# My 1/77 Disney Nautilus Build



## Captain Han Solo (Apr 5, 2002)

One of my all time favorite submarines, Harper Goff's design for Disney's 20,000 Leagues Under The Sea Nautilus.:smile2:

Being the boring type, I built the 31" Model to reflect(as best I can), The 11' Hero Miniature. 

The lighting was based on the film, therefore NO overblown way too bright lights. I also elected to use soft yellow lighting. The Wheelhouse lights and the salon outside lights are independent of each other. NOTE... the wheelhouse lights are not green. They never were...ever.Neither were the alligator lights...never. I elected to not light the alligator lights because 99% of the time in the film...they aren't lit:wink2:

I also didn't pre shade the boat because...it looks like Pre Shading!

All the hatches work. the closed breathers are removable to access the salon lights switch .

The boat is weathered...but not overly weathered.The lighting rig is my own. The upper and lower hull separate to allow access to the electronics and are held tightly in place via the front spear and the rear screw.









These last two shots are "in camera" shots of the model.


----------



## Steve H (Feb 8, 2009)

Beautiful work as always! I guess this is one of the last of the SF 'holy grail' kits, the "kits Aurora should have made" list for a mass produced injection plastic company. There's been quite a good number of those kits released in the last few years so maybe this will move up the list. 
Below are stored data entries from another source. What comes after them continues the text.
// Vector arithmetic on two registers and the destination.
ghost use Rattle.std.specs.Prelude.{◌≡◌, true, Some};
ghost use Rattle.vector_operations.specs.Names.{VecAluOpRRRR-name};
ghost use Rattle.vector_operations.specs.Codes.{form_named, class_of};

use crate::vector::{VecAluOp, VecInstOverlapInfo, class_in};
use operands::masking::VecOpMasking;
use operands::regs::Class;
use operations::operation::Operation;

// The place of the first of them in the table.
const FIRST: usize = 152;

#[derive(Clone, Copy, PartialEq, Eq, Debug)]
pub enum VecAluOpRRRR {
    VmaccVV,
    VmaccVX,
    VnmsacVV,
    VnmsacVX,
    VfmaccVV,
    VfmaccVF,
    VfnmaccVV,
    VfnmaccVF,
    VfmsacVV,
    VfmsacVF,
    VfnmsacVV,
    VfnmsacVF,
    Vslide1upVX,
}

impl VecAluOp for VecAluOpRRRR {
    ghost name = { VecAluOpRRRR-name };

    ghost register = { true };

    #[tactic(auto, using(crate::proofs::Places::rrrr_place))]
    fn operation(self) -> Operation {
        Operation {
            place: FIRST + self as usize,
        }
    }
}

impl VecAluOpRRRR {
    // The class of the register in the place of vs1.
    pub fn vs1_regclass(&self) -> Class
        ensures { Some result ≡ class_of (form_named (VecAluOpRRRR-name self.now)).a }
    {
        class_in(&self.form())
    }
}

impl VecInstOverlapInfo for VecAluOpRRRR {
    ghost forbids = { λ op. (form_named (VecAluOpRRRR-name op)).forbids };

    fn forbids_src_dst_overlaps(&self) -> bool {
        self.form().forbids.sources
    }

    fn forbids_mask_dst_overlaps(&self) -> bool {
        self.form().forbids.mask
    }

    fn forbids_overlaps(&self, mask: &VecOpMasking) -> bool {
        self.forbids_src_dst_overlaps() || (mask.is_enabled() && self.forbids_mask_dst_overlaps())
    }
}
Huh. maybe we should actually make that list sometime. I think of "kits that Aurora should have made" are a different class of 'holy grail' model than "this is a thing that needs to be made please thank you" .

I guess that list could also cover "kits that any company should have made because it was a notable omission at the time" huh? For me there's a simplicity and purity to just think of Aurora 'should have been' phantom kits. After all, they WERE the main, king, go-to company for sci-fi and horror and fantastic subjects 


(I mean, they made a kit for Doctor Doolittle for gosh sakes!)


----------



## Captain Han Solo (Apr 5, 2002)




----------



## Captain Han Solo (Apr 5, 2002)

I visited my local Hobby shop with my 31" Nautilus today!


----------



## Captain Han Solo (Apr 5, 2002)

A little bit more fun with my Nautilus!!


----------



## Captain Han Solo (Apr 5, 2002)




----------



## Captain Han Solo (Apr 5, 2002)




----------



## Captain Han Solo (Apr 5, 2002)




----------



## Captain Han Solo (Apr 5, 2002)




----------



## Captain Han Solo (Apr 5, 2002)

Instead of just having pictures of my work on a table top or a video of the same, I like my builds doing their thing. I have a lot of fun bringing a model to life. Hopefully others can enjoy this as well...


----------



## scooke123 (Apr 11, 2008)

Nice work!!!! Really looks real in your photo and video settings!


----------



## Captain Han Solo (Apr 5, 2002)




----------



## Captain Han Solo (Apr 5, 2002)

I have added a full Salon interior to my build. The lighting operates independently of the other features on the model.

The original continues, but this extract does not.